_REQUIREMENT:_ Whenever a line below holds the word "AreFamiliesOf", count it; please give only the final number.

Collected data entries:
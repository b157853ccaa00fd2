// The groups of a level: whether they are nested, how many there are, and a unit's places.
ghost use Rattle.std.specs.Prelude.{◌≡◌, ◌≤◌, All, length, map, sum_by, IfOk};
ghost use Rattle.tda_model.specs.Schema.{Schema, Level};
ghost use Rattle.tda_model.specs.Groups.{each_once, group_count};
ghost use Rattle.tda_model.specs.Bounds.{HasKinds};
ghost use Rattle.tda_sets.specs.Nested.{all_sets};
ghost use Rattle.tda_schema.specs.Classes.{AreFamiliesOf};
ghost use Rattle.tda_schema.specs.Parts.{level_is_nested};

use crate::parts::QueryParts;
use std::alloc::Global;
use tda_io::NoMemory;
use tda_sets::{Family, all_are_nested, count_sets};

/// Whether the groups of a level are nested, by its families.
pub(crate) fn is_nested(alloc: Global, families: &[&Family]) -> Result<bool, NoMemory>
    requires { All (λ f. All (λ g. length f.now ≡ length g.now) families.now) families.now }
    ensures { IfOk result (λ b. (s : Schema) (l : Level) → AreFamiliesOf s l (map (λ f. f.now) families.now) → b ≡ level_is_nested s l) }
{
    all_are_nested(alloc, families)
}

/// How many different sets the families have: as many as the level has groups, where each kind has a
/// possible cell.
pub(crate) fn count_groups(alloc: Global, families: &[&Family]) -> Result<u32, NoMemory>
    requires one_length { All (λ f. All (λ g. length f.now ≡ length g.now) families.now) families.now }
    requires cells { All (λ f. length f.now ≤ 4096) families.now }
    requires few { length families.now ≤ 16 }
    ensures sets { IfOk result (λ n. n ≡ length (each_once (all_sets (map (λ f. f.now) families.now)))) }
    ensures groups { IfOk result (λ n. (s : Schema) (l : Level) → AreFamiliesOf s l (map (λ f. f.now) families.now) → HasKinds s → n ≡ group_count s l) }
{
    let count = count_sets(alloc, families)?;
    Ok(count as u32)
}

/// How many classes some queries have, so the places of each unit of their level.
pub(crate) fn count_places(queries: &[QueryParts]) -> u64
    requires classes { All (λ q. length q.classes ≤ 4096) queries.now }
    requires few { length queries.now ≤ 16 }
    ensures { result ≡ sum_by (λ q. length q.classes) queries.now }
{
    let mut places = 0;
    for query in queries {
        places += query.classes.len() as u64;
    }
    places
}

_RESPONSE TO THIS EXERCISE:_ 3